# Possible Cymbidium purchase



## Susie11 (Apr 17, 2013)

I love Cymbids but do not have any - yet. I really love the big green ones - like the one in 'Scarface'. Anyway, I finally found a seller in the UK who has a few for sale. I have to have one but, do they need to summer outside because I live in a tower block on the fourteenth floor so there is no way that I could take the chance of leaving it outside with my nasty neighbours...

So, should I get it anyway and keep it alive until I get to move to somewhere with a garden or should I just not bother? I would love to have it bloom for me but I guess it won't unless it summers outside.

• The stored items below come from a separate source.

//! A fixed number of slots, in a tree of pairs.

ghost use Rattle.std.specs.Prelude.{◌≡◌, ◌≢◌, ◌<◌, ◌*◌, ℕ};

/// Slots that are found by their numbers.
pub(crate) trait Slots<P: Copy>: Copy {
    /// How many there are.
    ghost count: { ℕ };

    /// What stands in the slot with a number.
    ghost at: { Self → ℕ → P };

    /// Slots that all hold one item.
    fn filled(item: P) -> Self
        ensures { (k : ℕ) → at result k ≡ item };

    /// What stands in a slot.
    fn get(&self, number: usize) -> P
        ensures { result ≡ at self.now number };

    /// Sets a slot.
    fn set(&mut self, number: usize, item: P)
        requires { number < count }
        ensures own { at self.new number ≡ item }
        ensures others { (k : ℕ) → k ≢ number → k < count → at self.new k ≡ at self.old k };
}

/// One slot.
#[derive(Clone, Copy)]
pub(crate) struct Slot<P> {
    item: P,
}

/// Two halves, for slots with even numbers and with odd ones.
#[derive(Clone, Copy)]
pub(crate) struct SlotPair<X> {
    even: X,
    odd: X,
}

impl<P: Copy> Slots<P> for Slot<P> {
    ghost use Rattle.icu_text_decomposition.specs.inner.SlotTrees.{one_at};

    ghost count = { 1 };

    ghost at = { one_at };

    fn filled(item: P) -> Self {
        Slot { item }
    }

    fn get(&self, number: usize) -> P {
        self.item
    }

    fn set(&mut self, number: usize, item: P) {
        self.item = item;
    }
}

impl<P: Copy, X: Slots<P>> Slots<P> for SlotPair<X> {
    ghost use Rattle.icu_text_decomposition.specs.inner.SlotTrees.{pair_at};

    ghost count = { 2 * X.count };

    ghost at = { pair_at X.at };

    fn filled(item: P) -> Self {
        SlotPair {
            even: X::filled(item),
            odd: X::filled(item),
        }
    }

    fn get(&self, number: usize) -> P {
        if number % 2 == 0 {
            self.even.get(number / 2)
        } else {
            self.odd.get(number / 2)
        }
    }

    fn set(&mut self, number: usize, item: P) {
        if number % 2 == 0 {
            self.even.set(number / 2, item);
        } else {
            self.odd.set(number / 2, item);
        }
    }
}
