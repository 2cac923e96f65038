//! What a match asks of the text that it reads.

ghost use Rattle.std.specs.Prelude.{◌≡◌, ◌+◌, ◌-◌, ◌++◌, [], ℕ, List, None, take, drop, length, slice_get, option_to_list};
ghost use Rattle.icu_text_decomposition.specs.MarkClasses.{AreMarks};
ghost use Rattle.icu_text_decomposition.specs.UnreadTexts.{IsUnblocked, without_last, marks_up_to};

/// A decomposed text that is read from its front, as matches ask for it (UTS #10, "Produce Collation Element Arrays"):
/// they look at what follows, and take marks that don't follow directly.
pub trait TextForMatches {
    /// The characters that are still to be read.
    ghost unread: { Self → List ℕ };

    /// How many of them were passed over.
    ghost passed: { Self → ℕ };

    /// Reads the next character, or returns `None` where nothing is left. No character counts as passed over any more.
    fn next(&mut self) -> Option<char>
        ensures next { unread self.old ≡ option_to_list result ++ unread self.new }
        ensures end { result ≡ None → unread self.old ≡ [] }
        ensures passed { passed self.new ≡ 0 };

    /// Goes back to the next character that is to be read: none is passed over.
    fn look_back(&mut self)
        ensures unread { unread self.new ≡ unread self.old }
        ensures passed { passed self.new ≡ 0 };

    /// Passes over the next character that wasn't passed over, and returns it; `None` after the last one.
    fn pass(&mut self) -> Option<char>
        ensures unread { unread self.new ≡ unread self.old }
        ensures next { result ≡ slice_get (unread self.old) (passed self.old) }
        ensures passed { passed self.new ≡ passed self.old + length (option_to_list result) };

    /// Passes over the marks that come next and have this class or a lower one, all at once. What was passed over
    /// before has to be such marks too.
    fn pass_up_to(&mut self, class: u8)
        requires { AreMarks (class + 1) (take (passed self.old) (unread self.old)) }
        ensures unread { unread self.new ≡ unread self.old }
        ensures passed { passed self.new ≡ length (marks_up_to class (unread self.old)) };

    /// Takes the mark that was passed over last, which none of those before it blocks: the others stay in order.
    fn take(&mut self, mark: char)
        requires { IsUnblocked (unread self.old) (passed self.old) mark }
        ensures unread { unread self.new ≡ without_last (unread self.old) (passed self.old) }
        ensures passed { passed self.new ≡ passed self.old - 1 };
}

/// Reads so many characters, or all where there are fewer.
pub fn skip<X: TextForMatches>(text: &mut X, count: usize)
    ensures unread { X.unread text.new ≡ drop count (X.unread text.old) }
    ensures passed { X.passed text.new ≡ 0 }
{
    text.look_back();
    for index in 0..count {
        if text.next().is_none() {
            return;
        }
    }
}
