//! Runs of marks that are read class by class.

ghost use Rattle.std.specs.Prelude.{◌≡◌, ◌<◌, ◌++◌, ◌∷◌, [], Some, None, false, IsTrue, IfSome, min, option_to_list};
ghost use Rattle.ucd_normal.specs.CanonicalCombiningClass.{canonical_combining_class as class_of};
ghost use Rattle.unicode_normalization.specs.Order.{canonical_order};
ghost use Rattle.icu_text_decomposition.specs.inner.FrontMarks.{front_marks, past_marks};
ghost use Rattle.icu_text_decomposition.specs.inner.MarksLeft.{class_limit};
ghost use Rattle.icu_text_decomposition.specs.inner.Parts.{parts_left};

use crate::char_parts::Parts;
use icu_text_encodings::EncodedText;
use unicode_normalization::char::canonical_combining_class;

/// A run of marks, of which those of one class after another are read: one pass over the run for each class. A pass
/// also finds the class of the next one.
#[derive(Clone, Copy)]
pub(crate) struct ClassPass<T> {
    /// The place where the run begins.
    pub(crate) run: Parts<T>,
    /// The place up to which the pass came.
    pub(crate) at: Parts<T>,
    /// The class whose marks are read.
    pub(crate) class: u8,
    /// The least class above it that stands before the place, if there is one.
    pub(crate) next: Option<u8>,
}

/// The lesser of a class and the next one, if there is one.
fn lesser(next: Option<u8>, class: u8) -> Option<u8>
    ensures { class_limit result ≡ min (class_limit next) class }
{
    match next {
        Some(least) if least <= class => Some(least),
        _ => Some(class),
    }
}

impl<T: EncodedText> ClassPass<T> {
    ghost use Rattle.icu_text_decomposition.specs.inner.Passes.{IsClassPass, pass_left};

    /// The run with which the parts of a text begin, of which nothing was read. No mark has class 0, so the first pass
    /// finds the least class.
    pub(crate) fn new(run: Parts<T>) -> ClassPass<T>
        ensures pass { IsClassPass T.text result }
        ensures run { result.run ≡ run }
        ensures left { pass_left T.text result ≡ canonical_order (parts_left T.text run) }
    {
        ClassPass {
            run,
            at: run,
            class: 0,
            next: None,
        }
    }

    /// Passes the next mark, after which the parts go on so. Returns whether it is the next of the class that is read.
    fn pass(&mut self, mark: char, class: u8, after: Parts<T>) -> bool
        requires pass { IsClassPass T.text self.old }
        requires at { parts_left T.text self.old.at ≡ mark ∷ parts_left T.text after }
        requires class { class ≡ class_of mark }
        requires is_mark { 0 < class }
        ensures pass { IsClassPass T.text self.new }
        ensures run { self.new.run ≡ self.old.run }
        ensures class { self.new.class ≡ self.old.class }
        ensures at { self.new.at ≡ after }
        ensures given { IsTrue result
            → pass_left T.text self.old ≡ mark ∷ pass_left T.text self.new }
        ensures passed { result ≡ false
            → pass_left T.text self.old ≡ pass_left T.text self.new }
    {
        self.at = after;
        if class == self.class {
            return true;
        }
        if class > self.class {
            self.next = lesser(self.next, class);
        }
        false
    }

    /// The next mark of the class, or `None` where the run ends.
    fn next_of_class(&mut self) -> Option<char>
        requires pass { IsClassPass T.text self.old }
        ensures pass { IsClassPass T.text self.new }
        ensures run { self.new.run ≡ self.old.run }
        ensures class { self.new.class ≡ self.old.class }
        ensures next { pass_left T.text self.old
            ≡ option_to_list result ++ pass_left T.text self.new }
        ensures end { result ≡ None → front_marks (parts_left T.text self.new.at) ≡ [] }
    {
        'marks: loop {
            let mut after = self.at;
            let mark = after.next()?;
            let class = canonical_combining_class(mark);
            if class == 0 {
                return None;
            }
            if self.pass(mark, class, after) {
                return Some(mark);
            }
        }
    }

    /// Begins the pass of the next class.
    fn begin(&mut self, class: u8)
        requires pass { IsClassPass T.text self.old }
        requires end { front_marks (parts_left T.text self.old.at) ≡ [] }
        requires next { self.old.next ≡ Some class }
        ensures pass { IsClassPass T.text self.new }
        ensures run { self.new.run ≡ self.old.run }
        ensures class { self.new.class ≡ class }
        ensures rises { self.old.class < class }
        ensures left { pass_left T.text self.old ≡ pass_left T.text self.new }
    {
        self.at = self.run;
        self.class = class;
        self.next = None;
    }

    /// The next mark of the run, or `None` after the last one.
    pub(crate) fn next(&mut self) -> Option<char>
        requires pass { IsClassPass T.text self.old }
        ensures pass { IsClassPass T.text self.new }
        ensures some { IfSome result (λ mark. pass_left T.text self.old
            ≡ mark ∷ pass_left T.text self.new) }
        ensures none { result ≡ None → pass_left T.text self.old
            ≡ canonical_order (parts_left T.text self.new.at) }
        ensures past { result ≡ None
            → parts_left T.text self.new.at ≡ past_marks (parts_left T.text self.old.run) }
    {
        'classes: loop {
            if let Some(mark) = self.next_of_class() {
                return Some(mark);
            }
            let class = self.next?;
            self.begin(class);
        }
    }
}
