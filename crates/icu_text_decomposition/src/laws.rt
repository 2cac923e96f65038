//! Laws of canonical order, each as a function that makes no call.

ghost use Rattle.icu_text_decomposition.specs.MarkClasses.{MarksGoByClasses};

/// Marks in canonical order are those of each combining class in turn, and the marks of one class stay in the order in
/// which they stood (Unicode Standard, "Canonical Ordering Algorithm"). So a place in a run of marks is a place for
/// each class.
pub fn marks_go_by_classes()
    ensures { MarksGoByClasses }
{}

Oh, decisions decisions....


----------



## goldenrose (Apr 17, 2013)

I find cymbidiums a bit tricky to bloom. The first year I was successful in burying the pot in the ground on the northeast side of my house. It got early morning sun, shade the rest of the day May thru Oct. They did great & rebloomed. Didn't change anything the second year, they did horrible, I dumped them. Maybe someone could suggest some that are easier.


----------



## Susie11 (Apr 18, 2013)

Thanks for your response Goldenrose. I shall have a bit of a think about it then decided. I think that it is looking unlikely now as everyone says that you really need to put them outside so I can't see that being possible. I shall have to wait until I move house.


----------



## jjkOC (Apr 18, 2013)

Hi Susie, if you have bright morning light through a window, perhaps you can grow the smaller chinese cymbidiums. 

The great thing is that they are smaller and much more compact growing than the standard hybrids. There are also some good crosses with more color. I have an ensifolium that does well indoors and has been very easy to grow 5 spikes last year and 3 expected this year (multifloral inflorescence). I will have to repot it.

They will be more pricey than a standard, but you can check and decide. I got mine on ebay from Edmund Chang (ceddec), but I know Orchids Ltd. has a pretty pink cross that has goeringii in the background (C. Nagalex).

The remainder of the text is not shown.